▸ **TASK REQUIREMENTS**
The answer should be an exact copy of the data.

-- RECORDS SHOWN follows --

//! Readers and writers that count their failures.
ghost use Rattle.std.specs.Prelude.{◌≡◌, ◌≤◌, ◌+◌, ◌^◌, false, is_ok};
ghost use Rattle.std.specs.Io.{ReadsAtMost, WritesAtMost};
ghost use Rattle.std.specs.Io.KnownBytes.{ReadConsumes, WriteAppends, Keeps};
ghost use Rattle.counted_devices.specs.Counts.{CountsBytes, CountsErrors, CountsWrite, IsOneMore};

use crate::{Counted, CountedRead, CountedWrite};
use std::io::{Error, ErrorKind, Read, Result, Write};

/// The most bytes that a reader gives: 2^62.
const MOST: u64 = 4_611_686_018_427_387_904;

/// A reader or a writer, with the count of the errors that it answered, and whether the last that was
/// done was a flush that succeeded. The count stays at its greatest value. A reader so wrapped gives at
/// most 2^62 bytes, and then only errors.
#[derive(Drop)]
pub struct Counting<T> {
    inner: T,
    failures: u64,
    given: u64,
    is_flushed: bool,
    ghost most: { given ≤ 2 ^ 62 },
}

impl<T> Counting<T> {
    ghost use Rattle.counted_devices.specs.Devices.{device};

    /// Nothing counted yet.
    pub fn new(inner: T) -> Counting<T>
        ensures device { device result ≡ inner }
        ensures failures { ⟦<Counting<T> as Counted>⟧.failures result ≡ 0 }
        ensures given { ⟦<Counting<T> as Counted>⟧.given result ≡ 0 }
    {
        Counting {
            inner,
            failures: 0,
            given: 0,
            is_flushed: false,
        }
    }

    /// The reader or the writer.
    pub fn into_inner(self) -> T
        ensures { result ≡ device self }
    {
        let Counting { inner, .. } = self;
        inner
    }

    /// Counts an error.
    fn fail(&mut self)
        ensures inner { self.new.inner ≡ self.old.inner }
        ensures given { self.new.given ≡ self.old.given }
        ensures flushed { self.new.is_flushed ≡ self.old.is_flushed }
        ensures counted { IsOneMore self.old.failures self.new.failures }
    {
        self.failures = self.failures.saturating_add(1);
    }
}

impl<T> Counted for Counting<T> {
    ghost failures = { λ device. device.failures };

    ghost given = { λ device. device.given };

    ghost most_given = { λ device. device.most };

    fn failures(&self) -> u64 {
        self.failures
    }

    fn given(&self) -> u64 {
        self.given
    }
}

impl<R: Read> Read for Counting<R> {
    ghost remaining = { λ reader. R.remaining reader.inner };

    /// Reads from the inner reader. Its errors are counted, one each, and the bytes that it gave; after
    /// 2^62 bytes each read is an error, and is counted as one.
    fn read(&mut self, block: &mut [u8]) -> Result<usize>
        ensures bound { ReadsAtMost result block.new }
        ensures bytes { ReadConsumes (R.remaining self.old.inner)
            (R.remaining self.new.inner) result block.new }
        ensures given { CountsBytes (λ reader. reader.given) self.old self.new result }
        ensures counted { CountsErrors (λ reader. reader.failures) self.old self.new result }
    {
        self.read_counted(block)
    }
}

impl<R: Read> CountedRead for Counting<R> {
    fn read_counted(&mut self, block: &mut [u8]) -> Result<usize> {
        if self.given >= MOST {
            self.fail();
            return Err(Error::from(ErrorKind::FileTooLarge));
        }
        let room = (MOST - self.given).min(block.len() as u64) as usize;
        match self.inner.read(&mut block[..room]) {
            Ok(count) => {
                self.given += count as u64;
                Ok(count)
            }
            Err(error) => {
                self.fail();
                Err(error)
            }
        }
    }
}

impl<W: Write> Write for Counting<W> {
    ghost contents = { λ writer. W.contents writer.inner };

    /// Writes to the inner writer. Its errors are counted, one each, and so is a write that takes
    /// nothing of a text that isn't empty.
    fn write(&mut self, text: &[u8]) -> Result<usize>
        ensures bound { WritesAtMost result text.now }
        ensures bytes { WriteAppends (W.contents self.old.inner)
            (W.contents self.new.inner) result text.now }
        ensures given { self.new.given ≡ self.old.given }
        ensures held { self.new.is_flushed ≡ false }
        ensures counted { CountsWrite (λ writer. writer.failures) self.old self.new text.now result }
    {
        self.write_counted(text)
    }

    /// Flushes the inner writer. An error is counted.
    fn flush(&mut self) -> Result<()>
        ensures bytes { Keeps (W.contents self.old.inner) (W.contents self.new.inner) }
        ensures given { self.new.given ≡ self.old.given }
        ensures passed_on { self.new.is_flushed ≡ is_ok result }
        ensures counted { CountsErrors (λ writer. writer.failures) self.old self.new result }
    {
        self.flush_counted()
    }
}

impl<W: Write> CountedWrite for Counting<W> {
    ghost is_flushed = { λ writer. writer.is_flushed };

    fn write_counted(&mut self, text: &[u8]) -> Result<usize> {
        self.is_flushed = false;
        match self.inner.write(text) {
            Ok(count) => {
                if count == 0 && !text.is_empty() {
                    self.fail();
                }
                Ok(count)
            }
            Err(error) => {
                self.fail();
                Err(error)
            }
        }
    }

    fn flush_counted(&mut self) -> Result<()> {
        let flushed = self.inner.flush();
        self.is_flushed = flushed.is_ok();
        match flushed {
            Ok(()) => Ok(()),
            Err(error) => {
                self.fail();
                Err(error)
            }
        }
    }
}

-- RECORDS SHOWN concluded --

▸ **ANSWER FOR THIS EXERCISE**
//! Readers and writers that count their failures.
ghost use Rattle.std.specs.Prelude.{◌≡◌, ◌≤◌, ◌+◌, ◌^◌, false, is_ok};
ghost use Rattle.std.specs.Io.{ReadsAtMost, WritesAtMost};
ghost use Rattle.std.specs.Io.KnownBytes.{ReadConsumes, WriteAppends, Keeps};
ghost use Rattle.counted_devices.specs.Counts.{CountsBytes, CountsErrors, CountsWrite, IsOneMore};

use crate::{Counted, CountedRead, CountedWrite};
use std::io::{Error, ErrorKind, Read, Result, Write};

/// The most bytes that a reader gives: 2^62.
const MOST: u64 = 4_611_686_018_427_387_904;

/// A reader or a writer, with the count of the errors that it answered, and whether the last that was
/// done was a flush that succeeded. The count stays at its greatest value. A reader so wrapped gives at
/// most 2^62 bytes, and then only errors.
#[derive(Drop)]
pub struct Counting<T> {
    inner: T,
    failures: u64,
    given: u64,
    is_flushed: bool,
    ghost most: { given ≤ 2 ^ 62 },
}

impl<T> Counting<T> {
    ghost use Rattle.counted_devices.specs.Devices.{device};

    /// Nothing counted yet.
    pub fn new(inner: T) -> Counting<T>
        ensures device { device result ≡ inner }
        ensures failures { ⟦<Counting<T> as Counted>⟧.failures result ≡ 0 }
        ensures given { ⟦<Counting<T> as Counted>⟧.given result ≡ 0 }
    {
        Counting {
            inner,
            failures: 0,
            given: 0,
            is_flushed: false,
        }
    }

    /// The reader or the writer.
    pub fn into_inner(self) -> T
        ensures { result ≡ device self }
    {
        let Counting { inner, .. } = self;
        inner
    }

    /// Counts an error.
    fn fail(&mut self)
        ensures inner { self.new.inner ≡ self.old.inner }
        ensures given { self.new.given ≡ self.old.given }
        ensures flushed { self.new.is_flushed ≡ self.old.is_flushed }
        ensures counted { IsOneMore self.old.failures self.new.failures }
    {
        self.failures = self.failures.saturating_add(1);
    }
}

impl<T> Counted for Counting<T> {
    ghost failures = { λ device. device.failures };

    ghost given = { λ device. device.given };

    ghost most_given = { λ device. device.most };

    fn failures(&self) -> u64 {
        self.failures
    }

    fn given(&self) -> u64 {
        self.given
    }
}

impl<R: Read> Read for Counting<R> {
    ghost remaining = { λ reader. R.remaining reader.inner };

    /// Reads from the inner reader. Its errors are counted, one each, and the bytes that it gave; after
    /// 2^62 bytes each read is an error, and is counted as one.
    fn read(&mut self, block: &mut [u8]) -> Result<usize>
        ensures bound { ReadsAtMost result block.new }
        ensures bytes { ReadConsumes (R.remaining self.old.inner)
            (R.remaining self.new.inner) result block.new }
        ensures given { CountsBytes (λ reader. reader.given) self.old self.new result }
        ensures counted { CountsErrors (λ reader. reader.failures) self.old self.new result }
    {
        self.read_counted(block)
    }
}

impl<R: Read> CountedRead for Counting<R> {
    fn read_counted(&mut self, block: &mut [u8]) -> Result<usize> {
        if self.given >= MOST {
            self.fail();
            return Err(Error::from(ErrorKind::FileTooLarge));
        }
        let room = (MOST - self.given).min(block.len() as u64) as usize;
        match self.inner.read(&mut block[..room]) {
            Ok(count) => {
                self.given += count as u64;
                Ok(count)
            }
            Err(error) => {
                self.fail();
                Err(error)
            }
        }
    }
}

impl<W: Write> Write for Counting<W> {
    ghost contents = { λ writer. W.contents writer.inner };

    /// Writes to the inner writer. Its errors are counted, one each, and so is a write that takes
    /// nothing of a text that isn't empty.
    fn write(&mut self, text: &[u8]) -> Result<usize>
        ensures bound { WritesAtMost result text.now }
        ensures bytes { WriteAppends (W.contents self.old.inner)
            (W.contents self.new.inner) result text.now }
        ensures given { self.new.given ≡ self.old.given }
        ensures held { self.new.is_flushed ≡ false }
        ensures counted { CountsWrite (λ writer. writer.failures) self.old self.new text.now result }
    {
        self.write_counted(text)
    }

    /// Flushes the inner writer. An error is counted.
    fn flush(&mut self) -> Result<()>
        ensures bytes { Keeps (W.contents self.old.inner) (W.contents self.new.inner) }
        ensures given { self.new.given ≡ self.old.given }
        ensures passed_on { self.new.is_flushed ≡ is_ok result }
        ensures counted { CountsErrors (λ writer. writer.failures) self.old self.new result }
    {
        self.flush_counted()
    }
}

impl<W: Write> CountedWrite for Counting<W> {
    ghost is_flushed = { λ writer. writer.is_flushed };

    fn write_counted(&mut self, text: &[u8]) -> Result<usize> {
        self.is_flushed = false;
        match self.inner.write(text) {
            Ok(count) => {
                if count == 0 && !text.is_empty() {
                    self.fail();
                }
                Ok(count)
            }
            Err(error) => {
                self.fail();
                Err(error)
            }
        }
    }

    fn flush_counted(&mut self) -> Result<()> {
        let flushed = self.inner.flush();
        self.is_flushed = flushed.is_ok();
        match flushed {
            Ok(()) => Ok(()),
            Err(error) => {
                self.fail();
                Err(error)
            }
        }
    }
}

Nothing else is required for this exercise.